// The images of the cells.
ghost use Rattle.std.specs.Prelude.{IfOk};
ghost use Rattle.integers.specs.Vectors.{IsWithin};
ghost use Rattle.standard_map.specs.Search.{AreEnds};
ghost use Rattle.standard_map.specs.Sides.{HaveOneKey};
ghost use Rattle.standard_map.specs.CellBounds.{most_cell};
ghost use Rattle.standard_map.specs.Turns.{AreCarried, AreImageCells};

use crate::closed::{Carried, independent};
use crate::turns::turns;
use crate::{Cells, End, NoMemory, Side, cells_of};
use std::alloc::Global;

// The images of the cells, from those of independent shifts.
fn cells_by<const D: usize>(here: &Side<'_, D>, there: &Side<'_, D>, closed: &Carried) -> Cells
    requires one_key { HaveOneKey here.now there.now }
    requires carried { AreCarried here.now there.now closed.now.shifts closed.now.images }
    ensures cells { AreImageCells here.now there.now result }
    ensures first { IsWithin most_cell result.first }
    ensures second { IsWithin most_cell result.second }
    ensures third { IsWithin most_cell result.third }
{
    here.recall();
    there.recall();
    cells_of(&closed.shifts, &closed.images)
}

/// The images of the cells under the standard map, from ends over all vertices.
pub fn image_cells<const D: usize>(
    alloc: Global,
    here: &Side<'_, D>,
    there: &Side<'_, D>,
    ends: &[End<D>],
) -> Result<Cells, NoMemory>
    requires one_key { HaveOneKey here.now there.now }
    requires ends { AreEnds here.now there.now ends.now }
    // The images of the unit cells next to cell 0, under the standard map.
    ensures cells { IfOk result (AreImageCells here.now there.now) }
    // Each has parts up to the limit of a cell.
    ensures first { IfOk result (λ C. IsWithin most_cell C.first) }
    ensures second { IfOk result (λ C. IsWithin most_cell C.second) }
    ensures third { IfOk result (λ C. IsWithin most_cell C.third) }
{
    here.graph().recall();
    let found = turns(alloc, here, there, ends)?;
    Ok(cells_by(here, there, &independent(&found)))
}
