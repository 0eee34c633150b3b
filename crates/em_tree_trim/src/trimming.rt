//! A tree, made anew over its leaves, of which the short ones are joined to their neighbours. If leaves of one record are short:
//!
//!     before   [2 3] [4] [5 6] [7] [8] [9 10]    under nodes of any size
//!     after    [2 3 4] [5 6 7 8] [9 10]          under new nodes
//!
//! Kept here: the records and their order. Left to the tree: that nothing waits in it.

ghost use Rattle.std.specs.Prelude.{◌+◌, ◌*◌, ◌≤◌};
ghost use Rattle.em_record.specs.Shape.{fan_of};
ghost use Rattle.em_space.specs.Rig.{Sound};
ghost use Rattle.em_space.specs.Seen.{seen};
ghost use Rattle.em_tree_trim.specs.Listings.{ListsJoined};
ghost use Rattle.em_tree_trim.specs.Trimming.{CanTrim, Trims};

use crate::joining::list_leaves;
use em_chain::{Chain, Writer};
use em_frames::Device;
use em_settle::Settle;
use em_space::{EmFault, Rig};
use em_tree_raise::raise;
use em_tree_walk::Root;

/// Makes a tree, in which nothing waits, as small as its records allow, and answers its new root: each leaf has w·B records or
/// more unless it is the only one, each node below the root f entries or more, and a root above level 1 has two. Two
/// neighbouring leaves of which one is short become one, or share their records; the nodes are built anew over the leaves.
///
/// `Full` comes only if all blocks are in use; over a device that tells only if fewer were free than 4 for each leaf, and 4 more.
/// `DeviceFault` comes only if the device's count of faults rose, and `Damaged` only over a device that doesn't tell. After a
/// fault the tree's blocks may hold anything. All frames are back on each way out.
pub fn trim_tree<D: Device, S: Settle>(
    rig: &mut Rig<'_, D>,
    settle: &S,
    root: Root,
) -> Result<Root, EmFault>
    requires sound { Sound (seen D.state rig.old) }
    requires ready { S.IsReady settle.now }
    requires can { CanTrim (S.key_of settle.now) (seen D.state rig.old) root }
    requires few { root.level ≤ 24 }
    requires free { 2 * fan_of (seen D.state rig.old).pool.shape + 3 ≤ (seen D.state rig.old).pool.free }
    ensures { Trims (S.key_of settle.now) (seen D.state rig.old) (seen D.state rig.new) root result }
{
    let list = list_joined(rig, settle, root)?;
    raise(rig, list)
}

/// The leaves of the tree, joined, as a list.
fn list_joined<D: Device, S: Settle>(
    rig: &mut Rig<'_, D>,
    settle: &S,
    root: Root,
) -> Result<Chain, EmFault>
    requires sound { Sound (seen D.state rig.old) }
    requires ready { S.IsReady settle.now }
    requires can { CanTrim (S.key_of settle.now) (seen D.state rig.old) root }
    requires few { root.level ≤ 24 }
    requires free { 2 * fan_of (seen D.state rig.old).pool.shape + 3 ≤ (seen D.state rig.old).pool.free }
    ensures { ListsJoined (S.key_of settle.now) (seen D.state rig.old) (seen D.state rig.new) root result }
{
    let mut list = Writer::new(rig);
    match list_leaves(rig, settle, root, &mut list) {
        Ok(()) => list.finish(rig),
        Err(fault) => {
            list.abandon(rig);
            Err(fault)
        }
    }
}
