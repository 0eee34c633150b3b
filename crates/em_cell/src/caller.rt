ghost use Rattle.std.specs.Prelude.{◌≡◌, ◌<◌, ◌≤◌, ◌+◌, max, [], OnOk, IfOk, IfErr, IsTrue, IsOk};
ghost use Rattle.em_record.specs.Count.{Rose};
ghost use Rattle.em_space.specs.Rig.{Sound, Goes, Cause, BlockCause, Owes};
ghost use Rattle.em_space.specs.Seen.{seen};
ghost use Rattle.em_cell.specs.Calls.{MakesCell, TakesBlock};
ghost use Rattle.em_cell.specs.Cell.{IsCell, Keeps, blocks_of};

use crate::cell::Cell;
use crate::pending::Pending;
use em_frames::Device;
use em_space::{EmFault, Rig};

/// Keeps a number in a cell while a second one is made, set to another number and ended, and then
/// reads the first. The answer is the first cell, whose block stays in use, and what was read.
#[tactic(auto, using(em_space::proofs::Steps::release_moves))]
pub fn beside<D: Device>(
    rig: &mut Rig<'_, D>,
    number: u64,
    other: u64,
) -> Result<(Cell, u64), EmFault>
    requires sound { Sound (seen D.state rig.old) }
    requires free { 0 < (seen D.state rig.old).pool.free }
    ensures goes { Goes [] (seen D.state rig.old) (seen D.state rig.new) }
    ensures keeps { IfOk result (λ r. Keeps (seen D.state rig.new) number r.0) }
    ensures read { IfOk result (λ r. IsTrue (seen D.state rig.old).device.told → r.1 ≡ number) }
    ensures used { OnOk result ((seen D.state rig.new).used ≡ (seen D.state rig.old).used + 1) }
    ensures most { OnOk result ((seen D.state rig.new).most
        ≡ max (seen D.state rig.old).most ((seen D.state rig.old).used + 2)) }
    ensures moves { (seen D.state rig.new).moves ≤ (seen D.state rig.old).moves + 7 }
    ensures complete { IsTrue (seen D.state rig.old).device.told
        → (seen D.state rig.old).used + 1 < (seen D.state rig.old).blocks
        → (Rose (seen D.state rig.old).device.faults (seen D.state rig.new).device.faults → ⊥)
        → IsOk result }
    ensures cause { IfErr result (Cause (seen D.state rig.old) (seen D.state rig.new)) }
    ensures paid { OnOk result (Owes 0 (seen D.state rig.old) (seen D.state rig.new)) }
    ensures owes { Owes 1 (seen D.state rig.old) (seen D.state rig.new) }
{
    let first = Cell::new(rig, number)?;
    let mut second = Cell::new(rig, 0)?;
    second.set(rig, other)?;
    second.end(rig)?;
    let kept = first.get(rig)?;
    Ok((first, kept))
}

/// A cell of this number, made in two steps: its block is taken first, and the number is stored
/// afterwards. The effect is that of `Cell::new`.
pub fn make_in_steps<D: Device>(rig: &mut Rig<'_, D>, number: u64) -> Result<Cell, EmFault>
    requires sound { Sound (seen D.state rig.old) }
    requires free { 0 < (seen D.state rig.old).pool.free }
    ensures makes { MakesCell number (seen D.state rig.old) (seen D.state rig.new) result }
    ensures takes { TakesBlock (seen D.state rig.old) (seen D.state rig.new) result }
{
    let pending = Pending::new(rig, number)?;
    pending.finish(rig)
}

/// Ends a cell, and makes one of this number in a block that was freed: the most blocks in use at
/// once don't rise, and `Full` never comes.
pub fn renew<D: Device>(rig: &mut Rig<'_, D>, cell: Cell, number: u64) -> Result<Cell, EmFault>
    requires sound { Sound (seen D.state rig.old) }
    requires is { IsCell (seen D.state rig.old) cell }
    requires free { 0 < (seen D.state rig.old).pool.free }
    ensures goes { Goes (blocks_of cell) (seen D.state rig.old) (seen D.state rig.new) }
    ensures keeps { IfOk result (Keeps (seen D.state rig.new) number) }
    ensures used { OnOk result ((seen D.state rig.new).used ≡ (seen D.state rig.old).used) }
    ensures most { (seen D.state rig.new).most ≡ (seen D.state rig.old).most }
    ensures moves { OnOk result ((seen D.state rig.new).moves ≤ (seen D.state rig.old).moves + 3) }
    ensures complete { IsTrue (seen D.state rig.old).device.told
        → (Rose (seen D.state rig.old).device.faults (seen D.state rig.new).device.faults → ⊥)
        → IsOk result }
    ensures cause { IfErr result (BlockCause (seen D.state rig.old) (seen D.state rig.new)) }
    ensures paid { OnOk result (Owes 0 (seen D.state rig.old) (seen D.state rig.new)) }
{
    cell.end(rig)?;
    Cell::new(rig, number)
}
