//! One node, filled with the next subtrees of a list, and stored in a new block.
//!
//! Kept here: the low keys of a node rise, and each entry leads to a block of the device. Left to the list: which subtrees
//! these are.

ghost use Rattle.std.specs.Prelude.{◌≡◌, ◌+◌, ◌-◌, ◌*◌, ◌<◌, ◌≤◌, ◌^◌, [], get_or, length, true, IsTrue};
ghost use Rattle.em_record.specs.Order.{is_below};
ghost use Rattle.em_record.specs.Shape.{fan_of};
ghost use Rattle.em_space.specs.Rig.{Sound};
ghost use Rattle.em_space.specs.Seen.{seen};
ghost use Rattle.em_chain.specs.Parts.{IsPair};
ghost use Rattle.em_chain.specs.Reader.{IsReader, ReaderHasFrame};
ghost use Rattle.em_chain.specs.Writer.{WriterHasFrame};
ghost use Rattle.em_node.specs.Node.{IsNode, entries_of, no_entry};
ghost use Rattle.em_balance.specs.Node.{entry_to};
ghost use Rattle.em_tree_raise.specs.Subtrees.{AddsSubtree, FillsNode, HasLeft};
ghost use Rattle.em_tree_raise.specs.Nodes.{ListsNode, BuildsNode};

use crate::listing::{list_subtree, next_subtree, subtree_at};
use em_balance::store_new;
use em_chain::{Reader, Writer};
use em_frames::{Device, Frame};
use em_node::{Entry, count, entry_at, fresh, insert};
use em_record::Record;
use em_space::{EmFault, Rig};

/// Stores a node of a level over the next `count` subtrees of a list, and lists it.
pub(crate) fn list_node<D: Device>(
    rig: &mut Rig<'_, D>,
    list: &mut Reader,
    level: u64,
    count: usize,
    upper: &mut Writer,
) -> Result<(), EmFault>
    requires sound { Sound (seen D.state rig.old) }
    requires pair { IsPair (seen D.state rig.old) list.old upper.old }
    requires level { level ≤ 63 }
    requires many { fan_of (seen D.state rig.old).pool.shape ≤ count }
    requires few { count < 2 * fan_of (seen D.state rig.old).pool.shape }
    requires left { IsTrue (seen D.state rig.old).device.told
        → HasLeft (seen D.state rig.old) list.old [] count }
    requires count { upper.old.count + 2 ≤ 2 ^ 56 }
    requires blocks { upper.old.blocks + 2 ≤ 2 ^ 56 }
    requires free { 1 < (seen D.state rig.old).pool.free }
    ensures reader { ReaderHasFrame (seen D.state rig.new) list.new }
    ensures writer { WriterHasFrame (seen D.state rig.new) upper.new }
    ensures lists { ListsNode (seen D.state rig.old) (seen D.state rig.new) list.old list.new
        upper.old upper.new level count result }
{
    let node = store_node(rig, list, level, count)?;
    list_subtree(rig, upper, node.low, node.child - 1)
}

/// Stores a node of a level over the next `count` subtrees of a list. Answers the entry that leads to it.
pub(crate) fn store_node<D: Device>(
    rig: &mut Rig<'_, D>,
    list: &mut Reader,
    level: u64,
    count: usize,
) -> Result<Entry, EmFault>
    requires sound { Sound (seen D.state rig.old) }
    requires is { IsReader (seen D.state rig.old) list.old }
    requires taking { list.old.taking ≡ true }
    requires level { level ≤ 63 }
    requires few { count < 2 * fan_of (seen D.state rig.old).pool.shape }
    requires left { IsTrue (seen D.state rig.old).device.told
        → HasLeft (seen D.state rig.old) list.old [] count }
    requires free { 1 < (seen D.state rig.old).pool.free }
    ensures reader { ReaderHasFrame (seen D.state rig.new) list.new }
    ensures builds { BuildsNode (seen D.state rig.old) (seen D.state rig.new) list.old list.new level
        count result }
{
    let mut frame = rig.lend();
    let built = build_node(rig, list, level, count, &mut frame);
    rig.give(frame);
    built
}

/// The same with a frame.
fn build_node<D: Device>(
    rig: &mut Rig<'_, D>,
    list: &mut Reader,
    level: u64,
    count: usize,
    frame: &mut Frame,
) -> Result<Entry, EmFault>
    requires sound { Sound (seen D.state rig.old) }
    requires is { IsReader (seen D.state rig.old) list.old }
    requires taking { list.old.taking ≡ true }
    requires level { level ≤ 63 }
    requires few { count < 2 * fan_of (seen D.state rig.old).pool.shape }
    requires left { IsTrue (seen D.state rig.old).device.told
        → HasLeft (seen D.state rig.old) list.old [] count }
    requires len { length frame.old ≡ (seen D.state rig.old).pool.shape.block }
    requires free { 0 < (seen D.state rig.old).pool.free }
    ensures reader { ReaderHasFrame (seen D.state rig.new) list.new }
    ensures len { length frame.new ≡ length frame.old }
    ensures builds { BuildsNode (seen D.state rig.old) (seen D.state rig.new) list.old list.new level
        count result }
{
    fill_node(rig, list, level, count, frame)?;
    let block = store_new(rig, frame)?;
    Ok(entry_over(frame, block))
}

/// The entry for the block that a node is in. With no entry in the node its low key is the least one.
fn entry_over(frame: &Frame, block: u64) -> Entry
    requires node { IsNode frame.now }
    requires fits { block < 2 ^ 40 }
    ensures { result ≡ entry_to (get_or (entries_of frame.now) 0 no_entry).low block }
{
    subtree_at(first_low(frame), block)
}

/// The first low key of a node, or the least one if it has no entry.
fn first_low(frame: &Frame) -> Record
    requires node { IsNode frame.now }
    ensures { result ≡ (get_or (entries_of frame.now) 0 no_entry).low }
{
    if count(frame) == 0 {
        return Record::ZERO;
    }
    entry_at(frame, 0).low
}

/// Makes a frame a node of a level over the next `count` subtrees of a list. Over a device that doesn't tell, low keys
/// that don't rise are `Damaged`.
fn fill_node<D: Device>(
    rig: &mut Rig<'_, D>,
    list: &mut Reader,
    level: u64,
    count: usize,
    frame: &mut Frame,
) -> Result<(), EmFault>
    requires sound { Sound (seen D.state rig.old) }
    requires is { IsReader (seen D.state rig.old) list.old }
    requires taking { list.old.taking ≡ true }
    requires level { level ≤ 63 }
    requires room { 2 + 3 * count ≤ length frame.old }
    requires left { IsTrue (seen D.state rig.old).device.told
        → HasLeft (seen D.state rig.old) list.old [] count }
    requires free { 0 < (seen D.state rig.old).pool.free }
    ensures reader { ReaderHasFrame (seen D.state rig.new) list.new }
    ensures len { length frame.new ≡ length frame.old }
    ensures fills { FillsNode (seen D.state rig.old) (seen D.state rig.new) list.old list.new level
        count frame.new result }
{
    fresh(frame, level);
    for at in 0..count {
        add_subtree(rig, list, at, frame)?;
    }
    Ok(())
}

/// Puts the next subtree of a list in after the `count` entries of a node.
fn add_subtree<D: Device>(
    rig: &mut Rig<'_, D>,
    list: &mut Reader,
    count: usize,
    frame: &mut Frame,
) -> Result<(), EmFault>
    requires sound { Sound (seen D.state rig.old) }
    requires is { IsReader (seen D.state rig.old) list.old }
    requires taking { list.old.taking ≡ true }
    requires node { IsNode frame.old }
    requires count { length (entries_of frame.old) ≡ count }
    requires room { 2 + 3 * (count + 1) ≤ length frame.old }
    requires left { IsTrue (seen D.state rig.old).device.told
        → HasLeft (seen D.state rig.old) list.old (entries_of frame.old) 1 }
    requires free { 0 < (seen D.state rig.old).pool.free }
    ensures reader { ReaderHasFrame (seen D.state rig.new) list.new }
    ensures len { length frame.new ≡ length frame.old }
    ensures adds { AddsSubtree (seen D.state rig.old) (seen D.state rig.new) list.old list.new
        frame.old frame.new result }
{
    let entry = next_subtree(rig, list)?;
    if !is_above(frame, count, entry.low) {
        return Err(EmFault::Damaged { block: 0 });
    }
    insert(frame, count, entry);
    Ok(())
}

/// Whether a low key is above that of the last of a node's `count` entries, if there is one.
fn is_above(frame: &Frame, count: usize, low: Record) -> bool
    requires node { IsNode frame.now }
    requires count { length (entries_of frame.now) ≡ count }
    ensures above { IsTrue result → 0 < count
        → is_below (get_or (entries_of frame.now) (count - 1) no_entry).low low ≡ true }
    ensures passes { (0 < count
        → is_below (get_or (entries_of frame.now) (count - 1) no_entry).low low ≡ true)
        → IsTrue result }
{
    count == 0 || entry_at(frame, count - 1).low < low
}
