//! Records of numbers, sorted in lots of an area:
//!
//! ```text
//! numbers   0 1 2 .. | 32768 .. | ..       in an area, a lot after another
//! sorted    0 2 1 .. |  ..                 sum 1 * (0 + 1) + 2 * (2 + 1) + 3 * (1 + 1) + ..
//! ```
ghost use Rattle.std.specs.Prelude.{◌≡◌, ◌+◌, ◌<◌, ◌≤◌, ◌^◌, ◌++◌, drop, length, set, take};
ghost use Rattle.sort_bench.specs.Lots.{lots_sum, numbered, numbered_from, place_sum, sorted_sum};

use em_frames::Area;
use em_record::Record;

/// What the number of a record is multiplied by for its first word, so that these spread over all
/// numbers of 64 bits.
const FACTOR: u64 = 11_400_714_819_323_198_485;

/// The record of a number.
fn numbered(number: u64) -> Record
    requires { number < 2 ^ 40 }
    ensures { result ≡ numbered number }
{
    Record {
        a: number.wrapping_mul(FACTOR),
        b: number + 1,
        c: 1,
        d: 0,
    }
}

/// Puts the record of a number to a place of an area.
fn put(area: &mut Area, place: usize, number: u64)
    requires room { place < length area.old }
    requires number { number < 2 ^ 40 }
    ensures { area.new ≡ set area.old place (numbered number) }
{
    area.records_mut()[place] = numbered(number);
}

/// Puts the records of `count` numbers, from the first one on, to the first places of an area.
fn fill(area: &mut Area, first: u64, count: usize)
    requires room { count ≤ length area.old }
    requires numbers { first + count ≤ 2 ^ 40 }
    ensures { area.new ≡ numbered_from first count ++ drop count area.old }
{
    for place in 0..count {
        put(area, place, first + place as u64);
    }
}

/// The sum of the second words of the first `count` records, each times its place from 1 on, modulo
/// 2^64.
fn weigh(area: &Area, count: usize) -> u64
    requires room { count ≤ length area.now }
    ensures { place_sum 1 (take count area.now) < 2 ^ 64
        → result ≡ place_sum 1 (take count area.now) }
{
    let mut sum: u64 = 0;
    for place in 0..count {
        sum = sum.wrapping_add((place as u64 + 1).wrapping_mul(area.records()[place].b));
    }
    sum
}

/// Sorts the records of `count` numbers, from the first one on, in an area, and sums them.
fn sort_lot(area: &mut Area, first: u64, count: usize) -> u64
    requires room { count ≤ length area.old }
    requires numbers { first + count ≤ 2 ^ 40 }
    ensures len { length area.new ≡ length area.old }
    ensures sum { sorted_sum first count < 2 ^ 64 → result ≡ sorted_sum first count }
{
    fill(area, first, count);
    area.sort(count);
    weigh(area, count)
}

/// Sorts the records of the numbers below `count`, in lots of as many as the area has places. Answers
/// the sum of all lots' second words, each times its place in its lot from 1 on, modulo 2^64.
pub fn sort_all(area: &mut Area, count: u64) -> u64
    requires area { 0 < length area.old }
    requires count { count ≤ 2 ^ 40 }
    ensures len { length area.new ≡ length area.old }
    ensures sum { lots_sum (length area.old) count < 2 ^ 64
        → result ≡ lots_sum (length area.old) count }
{
    let places = area.records().len();
    let lots = count / places as u64;
    let mut sum: u64 = 0;
    for lot in 0..lots {
        sum = sum.wrapping_add(sort_lot(area, lot * places as u64, places));
    }
    let first = lots * places as u64;
    sum.wrapping_add(sort_lot(area, first, (count - first) as usize))
}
* * * * * * *
DIRECTIONS FOR THIS TASK >> Would you show every line in the data above that contains the string "made"?

RESULT OF THE TASK >>
//! A tree, made anew over its leaves, of which the short ones are joined to their neighbours. If leaves of one record are short:
/// Keeps a number in a cell while a second one is made, set to another number and ended, and then
/// A cell of this number, made in two steps: its block is taken first, and the number is stored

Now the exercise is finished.